START DATA
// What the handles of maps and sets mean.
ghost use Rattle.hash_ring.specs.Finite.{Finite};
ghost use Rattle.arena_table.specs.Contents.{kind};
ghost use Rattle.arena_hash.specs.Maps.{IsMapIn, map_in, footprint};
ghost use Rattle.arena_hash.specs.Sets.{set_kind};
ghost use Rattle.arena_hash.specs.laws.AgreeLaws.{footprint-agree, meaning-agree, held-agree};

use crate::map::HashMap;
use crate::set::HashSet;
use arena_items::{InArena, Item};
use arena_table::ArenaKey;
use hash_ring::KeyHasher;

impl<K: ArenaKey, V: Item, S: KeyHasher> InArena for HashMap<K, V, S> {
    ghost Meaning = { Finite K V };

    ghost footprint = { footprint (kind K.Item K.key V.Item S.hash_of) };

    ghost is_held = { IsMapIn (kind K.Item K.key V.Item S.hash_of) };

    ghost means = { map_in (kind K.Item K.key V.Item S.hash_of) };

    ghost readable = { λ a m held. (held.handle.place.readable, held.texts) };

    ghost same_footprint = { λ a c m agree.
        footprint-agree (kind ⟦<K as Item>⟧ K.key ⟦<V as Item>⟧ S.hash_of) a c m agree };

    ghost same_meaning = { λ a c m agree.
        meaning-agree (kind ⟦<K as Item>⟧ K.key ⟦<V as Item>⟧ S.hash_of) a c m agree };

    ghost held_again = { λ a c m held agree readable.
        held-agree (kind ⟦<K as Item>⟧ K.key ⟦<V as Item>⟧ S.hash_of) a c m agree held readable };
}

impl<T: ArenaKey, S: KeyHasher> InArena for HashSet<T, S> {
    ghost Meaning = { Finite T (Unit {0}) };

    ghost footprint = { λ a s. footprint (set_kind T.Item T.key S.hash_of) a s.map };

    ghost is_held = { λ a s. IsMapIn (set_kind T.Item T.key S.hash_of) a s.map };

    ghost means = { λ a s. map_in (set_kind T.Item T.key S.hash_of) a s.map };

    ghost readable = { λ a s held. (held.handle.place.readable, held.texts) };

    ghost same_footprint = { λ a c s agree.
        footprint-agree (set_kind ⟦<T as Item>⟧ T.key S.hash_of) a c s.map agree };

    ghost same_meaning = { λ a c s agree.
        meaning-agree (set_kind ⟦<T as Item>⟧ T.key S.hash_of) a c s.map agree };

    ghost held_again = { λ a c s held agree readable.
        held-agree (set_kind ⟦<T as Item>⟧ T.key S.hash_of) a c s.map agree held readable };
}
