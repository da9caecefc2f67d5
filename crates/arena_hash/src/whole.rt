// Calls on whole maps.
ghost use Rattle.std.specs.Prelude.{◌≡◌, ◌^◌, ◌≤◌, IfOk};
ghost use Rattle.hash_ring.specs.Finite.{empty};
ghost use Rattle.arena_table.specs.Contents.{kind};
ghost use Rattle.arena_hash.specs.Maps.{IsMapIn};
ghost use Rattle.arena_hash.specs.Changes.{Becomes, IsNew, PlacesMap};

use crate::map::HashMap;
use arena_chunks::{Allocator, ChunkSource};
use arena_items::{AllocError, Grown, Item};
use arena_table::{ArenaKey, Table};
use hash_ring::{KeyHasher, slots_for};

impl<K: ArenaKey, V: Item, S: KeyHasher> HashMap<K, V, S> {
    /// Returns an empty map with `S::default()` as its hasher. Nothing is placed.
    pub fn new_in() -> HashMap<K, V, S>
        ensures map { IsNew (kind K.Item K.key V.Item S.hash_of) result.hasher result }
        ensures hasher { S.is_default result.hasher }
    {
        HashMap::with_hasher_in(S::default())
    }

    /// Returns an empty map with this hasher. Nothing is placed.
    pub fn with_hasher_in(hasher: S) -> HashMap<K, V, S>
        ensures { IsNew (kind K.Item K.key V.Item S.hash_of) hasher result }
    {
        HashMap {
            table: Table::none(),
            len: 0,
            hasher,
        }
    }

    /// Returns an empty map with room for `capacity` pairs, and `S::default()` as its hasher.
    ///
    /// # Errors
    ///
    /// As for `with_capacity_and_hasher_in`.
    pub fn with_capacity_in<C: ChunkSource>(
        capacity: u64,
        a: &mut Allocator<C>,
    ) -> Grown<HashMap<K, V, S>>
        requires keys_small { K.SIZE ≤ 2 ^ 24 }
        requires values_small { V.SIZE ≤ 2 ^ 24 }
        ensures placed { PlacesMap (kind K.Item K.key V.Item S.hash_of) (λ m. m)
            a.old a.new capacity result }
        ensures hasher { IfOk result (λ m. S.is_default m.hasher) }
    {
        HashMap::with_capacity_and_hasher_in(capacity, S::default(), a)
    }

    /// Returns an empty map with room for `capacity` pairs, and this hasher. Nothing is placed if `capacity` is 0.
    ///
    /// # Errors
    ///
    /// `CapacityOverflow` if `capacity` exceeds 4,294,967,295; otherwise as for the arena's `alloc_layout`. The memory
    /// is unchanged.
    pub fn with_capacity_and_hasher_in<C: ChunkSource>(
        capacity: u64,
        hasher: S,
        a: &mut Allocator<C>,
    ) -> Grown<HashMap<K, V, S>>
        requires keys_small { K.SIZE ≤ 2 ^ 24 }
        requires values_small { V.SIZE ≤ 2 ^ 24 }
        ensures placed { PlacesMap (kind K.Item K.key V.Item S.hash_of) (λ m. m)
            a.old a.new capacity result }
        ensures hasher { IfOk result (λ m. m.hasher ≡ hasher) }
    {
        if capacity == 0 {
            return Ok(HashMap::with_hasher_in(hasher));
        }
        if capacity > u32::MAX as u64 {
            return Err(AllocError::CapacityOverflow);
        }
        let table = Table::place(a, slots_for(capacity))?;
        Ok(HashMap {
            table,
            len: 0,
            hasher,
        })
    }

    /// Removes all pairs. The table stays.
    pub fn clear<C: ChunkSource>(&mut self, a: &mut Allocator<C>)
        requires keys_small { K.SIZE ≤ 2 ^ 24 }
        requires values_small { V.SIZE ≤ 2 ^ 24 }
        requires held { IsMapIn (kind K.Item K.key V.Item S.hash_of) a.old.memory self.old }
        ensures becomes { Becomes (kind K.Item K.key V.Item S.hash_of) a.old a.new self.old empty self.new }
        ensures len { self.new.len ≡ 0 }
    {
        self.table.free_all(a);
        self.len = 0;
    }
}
END DATA
YOUR OBJECTIVE:
Go through the listing above and locate each line that holds the word "Becomes". Copy those lines.

TASK ANSWER:
ghost use Rattle.arena_hash.specs.Changes.{Becomes, IsNew, PlacesMap};
        ensures becomes { Becomes (kind K.Item K.key V.Item S.hash_of) a.old a.new self.old empty self.new }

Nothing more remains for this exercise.